Dringlichkeitsantrag der Abgeordneten Hubert Aiwanger, Tanja Schweiger, Prof. Dr. Michael Piazolo, Dr. Hans Jürgen Fahn und Fraktion (FW)
Studienbedingungen verbessern − Studienbeiträge abschaffen. Politische Leitlinien für die Optimierung des Bologna-Prozesses
Der Landtag wolle beschließen:
Die Staatsregierung wird aufgefordert, Leitlinien für die künftige Ausgestaltung und Optimierung der Bachelor- und Masterstudiengänge an bayerischen Hochschulen vorzulegen. Folgende Aspekte sollen dabei zumindest konkretisiert werden:
─ Zweck eines Bachelor- bzw. Masterstudiums (z.B. Gewichtung zwischen Vorbereitung auf die berufliche Praxis und humanistischer Persönlichkeitsbildung, angestrebter Grad an fachlicher Spezialisierung in Bachelorstudiengängen),
─ Spektrum der Fächer, in denen das Bachelor- und Mastersystem verpflichtend eingeführt werden soll sowie ggf.

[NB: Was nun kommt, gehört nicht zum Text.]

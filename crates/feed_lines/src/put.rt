//! The feeds of a track, put as they come.

ghost use Rattle.std.specs.Prelude.{◌≡◌, IfOk, IsSome, OnOk, OnErr};
ghost use Rattle.script_run.specs.Keeps.{AreFailuresTold};
ghost use Rattle.script_run.specs.Writes.{IsWritten, IsFrontWritten};
ghost use Rattle.track_store.specs.Frames.{overlapped};
ghost use Rattle.track_store.specs.Sound.{IsSound};
ghost use Rattle.track_store.specs.State.{state_of};
ghost use Rattle.decoder_feed.specs.Steps.{feeder_after_seek};
ghost use Rattle.feed_lines.specs.Groups.{end_of, feeding};
ghost use Rattle.feed_lines.specs.Lines.{lines_of_track, given_lines};

use crate::lines::{put_end, put_frame, put_none, put_wanted};
use decoder_feed::{FeedNext, Feeder};
use mse_base::Ticks;
use mse_outside::Sink;
use script_run::Halt;
use std::alloc::Global;
use track_store::{FrameStore, Track};

/// Puts the lines of the frames that are given to show the frame at a time, to which the feeder was
/// sought, and why no more are. It answers when they end.
fn put_given<S: FrameStore, K: Sink>(
    alloc: Global,
    sink: &mut K,
    track: &Track<S>,
    feeder: &mut Feeder,
    at: Ticks,
) -> Result<Ticks, Halt>
    requires sound { IsSound (state_of S.frames track.now) }
    requires shown { IsSome (overlapped at (S.frames track.now.store)) }
    requires sought { feeder.old ≡ feeder_after_seek at (S.frames track.now.store) }
    ensures end { IfOk result (λ end. end
        ≡ end_of at (feeding at (state_of S.frames track.now)).frames) }
    ensures ok { OnOk result (IsWritten (given_lines at (state_of S.frames track.now))
        (K.written sink.old) (K.written sink.new)) }
    ensures err { OnErr result (IsFrontWritten (given_lines at (state_of S.frames track.now))
        (K.written sink.old) (K.written sink.new)) }
    ensures puts { AreFailuresTold Halt.Write (K.faults sink.old) (K.faults sink.new) result }
{
    // The proof reads off this that each frame ends at a time.
    track.store.serials_ascend();
    let mut last = None;
    'giving: loop {
        match feeder.next(track) {
            FeedNext::Frame(place) => {
                let Some(stored) = track.store.get(place) else {
                    unreachable!()
                };
                match put_frame(alloc, sink, stored) {
                    Ok(()) => {}
                    Err(halt) => return Err(halt),
                }
                last = stored.end().greater_of(last);
            }
            answer => {
                return match put_end(alloc, sink, answer) {
                    Ok(()) => Ok(last.unwrap_or(at)),
                    Err(halt) => Err(halt),
                };
            }
        }
    }
}

/// Puts the lines of a track from a time on, as they come, each with one put.
pub fn put_feeds<S: FrameStore, K: Sink>(
    alloc: Global,
    sink: &mut K,
    track: &Track<S>,
    from: Ticks,
) -> Result<(), Halt>
    requires { IsSound (state_of S.frames track.now) }
    ensures ok { OnOk result (IsWritten (lines_of_track from (state_of S.frames track.now))
        (K.written sink.old) (K.written sink.new)) }
    ensures err { OnErr result (IsFrontWritten (lines_of_track from (state_of S.frames track.now))
        (K.written sink.old) (K.written sink.new)) }
    ensures puts { AreFailuresTold Halt.Write (K.faults sink.old) (K.faults sink.new) result }
{
    let mut feeder = Feeder::new();
    let mut at = from;
    'feeding: loop {
        let Some(serial) = feeder.seek(track, at) else {
            return put_none(alloc, sink, track.id, at);
        };
        match put_wanted(alloc, sink, track.id, at, serial) {
            Ok(()) => {}
            Err(halt) => return Err(halt),
        }
        match put_given(alloc, sink, track, &mut feeder, at) {
            Ok(end) => at = end,
            Err(halt) => return Err(halt),
        }
    }
}
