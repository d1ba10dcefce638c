// The sides of a table hung in chains by the corner at which they begin: the first side of an earlier triangle (rule B), and the side across each side.
#![tactic(auto)]

ghost use Rattle.std.specs.Prelude.{◌≡◌, ℕ, suc, ◌-◌, ◌%◌, ◌≤◌, ◌<◌, length, get_or, MatchOption};
ghost use Rattle.whole.specs.Tests.{Told};
ghost use Rattle.whole.specs.Sums.{All};
ghost use Rattle.whole_order.specs.Ascending.{Distinct};
ghost use Rattle.table.specs.Sides.{FirstRepeat};
ghost use Rattle.table_sides.specs.Codes.{turned_in};
ghost use Rattle.table_sides.specs.Numbered.{number_in};
ghost use Rattle.table_sides.specs.Chains.{next_in, clear_in};
ghost use Rattle.table_chains.specs.Linking.{Within, LinkedTo, Hung};

// Lays down the code of each side, with no side in a chain.
pub fn unlinked(codes: &[u64], index: &mut [u64])
    requires { All (Within (length codes.now)) codes.now × (length codes.now ≤ 3072) × (length index.old ≡ length codes.now) }
    ensures { LinkedTo codes.now index.new 0 }
{
    for (i, code) in codes.iter().enumerate() {
        index[i] = *code * 4096;
    }
}

// Puts side k at the front of the chain of the corner with place c.
fn link(index: &mut [u64], c: usize, k: usize)
    requires { (c < length index.old) × (k < length index.old) × (k < 3072) × (next_in (get_or index.old k 0) ≡ 0) × ((i : ℕ) → i < length index.old → clear_in (get_or index.old i 0) ≡ 0) }
    ensures { Hung index.old index.new c k }
{
    index[k] += table_sides::head(index[c]) as u64;
    index[c] = index[c] % 68_719_476_736 + (k as u64 + 1) * 68_719_476_736;
}

// Side j is one of an earlier triangle than side k, and the same ordered pair.
fn is_repeat(codes: &[u64], j: usize, k: usize) -> bool
    requires { (j < length codes.now) × (k < length codes.now) }
    ensures { Told result ((j < k - k % 3) × (get_or codes.now j 0 ≡ get_or codes.now k 0)) (j < k - k % 3 → get_or codes.now j 0 ≡ get_or codes.now k 0 → ⊥) }
{
    if k - k % 3 <= j {
        return false;
    }
    codes[j] == codes[k]
}

// The number, counted from 1, of the first triangle that has a side of an earlier one; where none has, all sides hang in chains. Each side is given by a code, by
// triangle and then ab, bc, ca; equal codes are the same ordered pair, and begin at one corner: each side is compared with those of its chain.
pub fn repeated_side(codes: &[u64], index: &mut [u64]) -> Option<usize>
    requires { All (Within (length codes.now)) codes.now × (length codes.now ≤ 3072) × LinkedTo codes.now index.old 0 }
    ensures { MatchOption result (FirstRepeat codes.now 0 × LinkedTo codes.now index.new (length codes.now)) (λ t. (0 < t) × FirstRepeat codes.now t) }
{
    let mut repeated = None;
    'search: for k in 0..codes.len() {
        let c = (codes[k] / 4096) as usize;
        // A while: the chain is followed.
        let mut j = table_sides::head(index[c]);
        while 0 < j {
            if is_repeat(codes, j - 1, k) {
                repeated = Some(k / 3 + 1);
                break 'search;
            }
            j = table_sides::next(index[j - 1]);
        }
        link(index, c, k);
    }
    repeated
}

// The number of the triangle that a lent index names across side i; 0 where it names none.
fn named(lent: &[u8], i: usize) -> usize
    requires { i < 3072 }
    ensures { result < 65536 }
{
    if lent.len() < 2 * i + 2 {
        return 0;
    }
    usize::from(u16::from_le_bytes([lent[2 * i], lent[2 * i + 1]]))
}

// The number of the side with this code in the triangle of a number; 0 where it has none, or there is no such triangle.
fn side_in(codes: &[u64], t: usize, code: u64) -> usize
    requires { t < 65536 }
    ensures { (o : ℕ) → result ≡ suc o → (o < length codes.now) × (get_or codes.now o 0 ≡ code) }
{
    if t == 0 {
        return 0;
    }
    if codes.len() < 3 * t {
        return 0;
    }
    if codes[3 * t - 3] == code {
        return 3 * t - 2;
    }
    if codes[3 * t - 2] == code {
        return 3 * t - 1;
    }
    if codes[3 * t - 1] == code {
        return 3 * t;
    }
    0
}

// The number of the side with this code: in the triangle that a lent index names across side i, or else along the chain; 0 where there is none.
fn reverse(index: &[u64], codes: &[u64], lent: &[u8], i: usize, code: u64) -> usize
    requires { (i < 3072) × (length codes.now ≤ 3072) × Within (length codes.now) code × LinkedTo codes.now index.now (length codes.now) }
    ensures { Distinct codes.now → result ≡ number_in code codes.now }
{
    let r = side_in(codes, named(lent, i), code);
    if r != 0 {
        return r;
    }
    table_sides::side_of(index, code)
}

// Lays down for each side the number of the side that is its reverse, looked for along the chains.
fn along_chains(index: &[u64], codes: &[u64], opposite: &mut [usize])
    requires { All (Within (length codes.now)) codes.now × (length codes.now ≤ 3072) × LinkedTo codes.now index.now (length codes.now) × (length opposite.old ≡ length codes.now) }
    ensures { Distinct codes.now → opposite.new ≡ turned_in codes.now }
{
    for (i, code) in codes.iter().enumerate() {
        opposite[i] = table_sides::side_of(index, *code % 4096 * 4096 + *code / 4096);
    }
}

// The same, looked for first where a lent index says. (One function over both by a closure was tried: what the call along the chains asks of it was not proved.)
fn by_index(index: &[u64], codes: &[u64], lent: &[u8], opposite: &mut [usize])
    requires { All (Within (length codes.now)) codes.now × (length codes.now ≤ 3072) × LinkedTo codes.now index.now (length codes.now) × (length opposite.old ≡ length codes.now) }
    ensures { Distinct codes.now → opposite.new ≡ turned_in codes.now }
{
    for (i, code) in codes.iter().enumerate() {
        opposite[i] = reverse(index, codes, lent, i, *code % 4096 * 4096 + *code / 4096);
    }
}

// Lays down for each side the number of the side that is its reverse. A lent index says where to look first, and changes nothing of what is found.
pub fn opposites(index: &[u64], codes: &[u64], lent: &[u8], opposite: &mut [usize])
    requires { All (Within (length codes.now)) codes.now × (length codes.now ≤ 3072) × LinkedTo codes.now index.now (length codes.now) × (length opposite.old ≡ length codes.now) }
    ensures { Distinct codes.now → opposite.new ≡ turned_in codes.now }
{
    if lent.len() == 0 {
        along_chains(index, codes, opposite);
    } else {
        by_index(index, codes, lent, opposite);
    }
}
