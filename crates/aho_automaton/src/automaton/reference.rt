//! A reference to an automaton, which is an automaton as well.

use super::Automaton;
use aho_core::error::MatchError;
use aho_core::search::{Anchored, MatchKind, PatternID, StateID, Work};
use aho_prefilter::prefilter::Prefilter;

/// A reference to an automaton is that automaton.
impl<A: Automaton> Automaton for &A {
    ghost is_of = { λ a p. A.is_of a.now p };

    ghost held = { λ a p anchored word sid. A.held a.now p anchored word sid };

    ghost valid = { λ a sid. A.valid a.now sid };

    ghost kind = { λ a. A.kind a.now };

    ghost lengths = { λ a. A.lengths a.now };

    ghost list = { λ a sid. A.list a.now sid };

    ghost dead = { λ a sid. A.dead a.now sid };

    ghost special = { λ a sid. A.special a.now sid };

    ghost marked = { λ a sid. A.marked a.now sid };

    ghost starts = { λ a sid. A.starts a.now sid };

    ghost depth = { λ a sid. A.depth a.now sid };

    ghost reach = { λ a sid. A.reach a.now sid };

    ghost next = { λ a anchored sid byte. A.next a.now anchored sid byte };

    ghost lookups = { λ a p anchored word byte. A.lookups a.now p anchored word byte };

    ghost start = { λ a anchored. A.start a.now anchored };

    ghost memory = { λ a. A.memory a.now };

    ghost prefilter = { λ a. A.prefilter a.now };

    ghost skips_streams = { λ a. A.skips_streams a.now };

    fn start_state(&self, anchored: Anchored) -> Result<StateID, MatchError> {
        (**self).start_state(anchored)
    }

    fn next_state(&self, anchored: Anchored, sid: StateID, byte: u8) -> StateID {
        (**self).next_state(anchored, sid, byte)
    }

    fn step(&self, anchored: Anchored, sid: StateID, byte: u8, work: &mut Work) -> StateID {
        (**self).step(anchored, sid, byte, work)
    }

    fn is_special(&self, sid: StateID) -> bool {
        (**self).is_special(sid)
    }

    fn is_marked(&self, sid: StateID) -> bool {
        (**self).is_marked(sid)
    }

    fn is_dead(&self, sid: StateID) -> bool {
        (**self).is_dead(sid)
    }

    fn is_match(&self, sid: StateID) -> bool {
        (**self).is_match(sid)
    }

    fn is_start(&self, sid: StateID) -> bool {
        (**self).is_start(sid)
    }

    fn reach_back(&self, sid: StateID) -> usize {
        (**self).reach_back(sid)
    }

    fn match_kind(&self) -> MatchKind {
        (**self).match_kind()
    }

    fn prefilter(&self) -> Option<&Prefilter> {
        (**self).prefilter()
    }

    fn stream_prefilter(&self) -> Option<&Prefilter> {
        (**self).stream_prefilter()
    }

    fn match_len(&self, sid: StateID) -> usize {
        (**self).match_len(sid)
    }

    fn match_pattern(&self, sid: StateID, index: usize) -> PatternID {
        (**self).match_pattern(sid, index)
    }

    fn patterns_len(&self) -> usize {
        (**self).patterns_len()
    }

    fn pattern_len(&self, pid: PatternID) -> usize {
        (**self).pattern_len(pid)
    }

    fn min_pattern_len(&self) -> usize {
        (**self).min_pattern_len()
    }

    fn max_pattern_len(&self) -> usize {
        (**self).max_pattern_len()
    }

    fn memory_usage(&self) -> usize {
        (**self).memory_usage()
    }

    ghost laws = { λ a. A.laws a.now };

    ghost alike = { λ a. A.alike a.now };

    ghost plain = { λ a. A.plain a.now };

    ghost unmarked = { λ a. A.unmarked a.now };

    ghost dead_shallow = { λ a. A.dead_shallow a.now };

    ghost starts_shallow = { λ a. A.starts_shallow a.now };

    ghost reaches = { λ a. A.reaches a.now };

    ghost prefilters = { λ a. A.prefilters a.now };
}
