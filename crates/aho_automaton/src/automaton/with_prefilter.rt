//! An automaton with a prefilter of one's choice.

ghost use Rattle.std.specs.Prelude.{◌≡◌, ◌||◌, Some, true};
ghost use Rattle.std.proofs.lemmas.Bool.{or_parts};
ghost use Rattle.aho_core.specs.Patterns.{Patterns};
ghost use Rattle.aho_prefilter.specs.Prefilter.{IsPrefilterOf};

use super::Automaton;
use aho_core::error::MatchError;
use aho_core::search::{Anchored, MatchKind, PatternID, StateID, Work};
use aho_prefilter::prefilter::Prefilter;

/// An automaton with a prefilter of one's choice, in place of its own. Both are borrowed.
///
/// Each of its starts is special, so an unanchored search skips by the prefilter wherever it waits. Its answers are those of
/// the automaton.
#[derive(Drop)]
pub struct WithPrefilter<'a, A> {
    automaton: &'a A,
    prefilter: &'a Prefilter,
}

impl<'a, A: Automaton> WithPrefilter<'a, A> {
    /// This automaton with this prefilter. It takes no memory.
    ///
    /// It is an automaton of the patterns for which the one is an automaton, and the other a prefilter.
    pub fn new(automaton: &'a A, prefilter: &'a Prefilter) -> WithPrefilter<'a, A>
        ensures of { (p : Patterns) → A.is_of automaton.entry.now p
            → IsPrefilterOf prefilter.entry.now p
            → ⟦<WithPrefilter<'a, A> as Automaton>⟧.is_of result p }
        ensures held { ⟦<WithPrefilter<'a, A> as Automaton>⟧.prefilter result
            ≡ Some prefilter.entry.now }
        ensures memory { ⟦<WithPrefilter<'a, A> as Automaton>⟧.memory result
            ≡ A.memory automaton.entry.now }
    {
        WithPrefilter {
            automaton,
            prefilter,
        }
    }
}

impl<'a, A: Automaton> Automaton for WithPrefilter<'a, A> {
    ghost is_of = { λ a p. A.is_of a.automaton.now p × IsPrefilterOf a.prefilter.now p };

    ghost held = { λ a p anchored word sid. A.held a.automaton.now p anchored word sid };

    ghost valid = { λ a sid. A.valid a.automaton.now sid };

    ghost kind = { λ a. A.kind a.automaton.now };

    ghost lengths = { λ a. A.lengths a.automaton.now };

    ghost list = { λ a sid. A.list a.automaton.now sid };

    ghost dead = { λ a sid. A.dead a.automaton.now sid };

    ghost special = { λ a sid. A.special a.automaton.now sid || A.starts a.automaton.now sid };

    ghost marked = { λ a sid. A.marked a.automaton.now sid };

    ghost starts = { λ a sid. A.starts a.automaton.now sid };

    ghost depth = { λ a sid. A.depth a.automaton.now sid };

    ghost reach = { λ a sid. A.reach a.automaton.now sid };

    ghost next = { λ a anchored sid byte. A.next a.automaton.now anchored sid byte };

    ghost lookups = { λ a p anchored word byte. A.lookups a.automaton.now p anchored word byte };

    ghost start = { λ a anchored. A.start a.automaton.now anchored };

    ghost memory = { λ a. A.memory a.automaton.now };

    ghost prefilter = { λ a. Some a.prefilter.now };

    ghost skips_streams = { λ _. true };

    fn start_state(&self, anchored: Anchored) -> Result<StateID, MatchError> {
        self.automaton.start_state(anchored)
    }

    fn next_state(&self, anchored: Anchored, sid: StateID, byte: u8) -> StateID {
        self.automaton.next_state(anchored, sid, byte)
    }

    fn step(&self, anchored: Anchored, sid: StateID, byte: u8, work: &mut Work) -> StateID {
        self.automaton.step(anchored, sid, byte, work)
    }

    fn is_special(&self, sid: StateID) -> bool {
        self.automaton.is_special(sid) || self.automaton.is_start(sid)
    }

    fn is_marked(&self, sid: StateID) -> bool {
        self.automaton.is_marked(sid)
    }

    fn is_dead(&self, sid: StateID) -> bool {
        self.automaton.is_dead(sid)
    }

    fn is_match(&self, sid: StateID) -> bool {
        self.automaton.is_match(sid)
    }

    fn is_start(&self, sid: StateID) -> bool {
        self.automaton.is_start(sid)
    }

    fn reach_back(&self, sid: StateID) -> usize {
        self.automaton.reach_back(sid)
    }

    fn match_kind(&self) -> MatchKind {
        self.automaton.match_kind()
    }

    fn prefilter(&self) -> Option<&Prefilter> {
        Some(self.prefilter)
    }

    fn stream_prefilter(&self) -> Option<&Prefilter> {
        self.prefilter()
    }

    fn match_len(&self, sid: StateID) -> usize {
        self.automaton.match_len(sid)
    }

    fn match_pattern(&self, sid: StateID, index: usize) -> PatternID {
        self.automaton.match_pattern(sid, index)
    }

    fn patterns_len(&self) -> usize {
        self.automaton.patterns_len()
    }

    fn pattern_len(&self, pid: PatternID) -> usize {
        self.automaton.pattern_len(pid)
    }

    fn min_pattern_len(&self) -> usize {
        self.automaton.min_pattern_len()
    }

    fn max_pattern_len(&self) -> usize {
        self.automaton.max_pattern_len()
    }

    fn memory_usage(&self) -> usize {
        self.automaton.memory_usage()
    }

    ghost laws = { λ a p of. A.laws a.automaton.now p of.0 };

    ghost alike = { λ a p word other sid of. A.alike a.automaton.now p word other sid of.0 };

    ghost plain = { λ a sid valid plain. A.plain a.automaton.now sid valid (or_parts _ _ plain).0 };

    ghost unmarked = { λ a. A.unmarked a.automaton.now };

    ghost dead_shallow = { λ a. A.dead_shallow a.automaton.now };

    ghost starts_shallow = { λ a. A.starts_shallow a.automaton.now };

    ghost reaches = { λ a p word sid of. A.reaches a.automaton.now p word sid of.0 };

    ghost prefilters = { λ a p of. of.1 };
}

Zeithorizont und Konzept der Einführung dieses Systems in bisher nicht umgestellten Fächern (Lehrämter, Jura, Medizin),
─ durchschnittlicher Zeitaufwand für einen Bachelorstudierenden pro Semesterwoche,
─ durchschnittliches Betreuungsverhältnis an bayerischen Hochschulen (gemessen als Verhältnis der Professoren sowie Dozenten insgesamt zu den Studierenden an einem Institut),
─ Anteil von und durchschnittlicher zeitlicher Aufwand für Pflichtveranstaltungen sowie freiwillig belegten Veranstaltungen pro Semester,
─ Handhabung der Anerkennung von Leistungen, die an anderen in- und ausländischen Hochschulen erbracht wurden,
─ Maßnahmen zur Förderung von internationaler Mobilität (Stipendien, Pflichtauslandssemester, Partnerhochschulen),
─ Maßnahmen zur Förderung der Finanzierbarkeit eines Studiums (insbesondere Abschaffung von Studienbeiträgen, Vergaben von Stipendien),
─ Maßnahmen zur Förderung des gesellschaftlichen und politischen Engagements von Studierenden in Bayern (z.B. durch die Vergabe von ECTS-Punkten für gemeinnützige Arbeit),
─ Kompetenzverteilung bei der Einrichtung von Studiengängen zwischen Hochschule und Hochschulministerium,
─ Maßnahmen zur Kontrolle der Einhaltung der Rahmenvorgaben (z.B. über die Akkreditierungsagenturen oder die ministerielle Genehmigung von Studiengängen).
Begründung:
Mit der Besetzung von Hörsälen, mit Bildungsstreiks und Demonstrationen machten bayerische Studierende in den letzten Monaten ihre eklatante Unzufriedenheit mit der Umsetzung der Bologna-Reform deutlich. Die Bachelorstudiengänge werden von den Studierenden als überfrachtet und verschult empfunden, eigener Gestaltungsspielraum wird vermisst. Die studentische Mobilität im In- und Ausland wird – entgegen der ursprünglichen Intention der Bologna-Reform – durch mangelnde gegenseitige Anerkennung von Leistungen eingeschränkt. Das Bachelorstudium ist nach Ansicht der Studierenden zu stark auf die spätere berufliche Praxis ausgerichtet, die Studienbeiträge werden als sozial ungerecht empfunden. Diese Forderungen der Studierenden haben in den Medien und auch seitens zahlreicher Politiker viel Zuspruch erhalten. Jetzt muss gehandelt werden. Die Reform der Bachelor- und Masterstudiengänge kann nicht allein Sache der bayerischen Hochschulen sein. Die Gestaltung des Rahmens, in dem die Hochschulen ihre Studiengänge eigenständig optimieren, liegt in der Verantwortung des bayerischen Hochschulministeriums.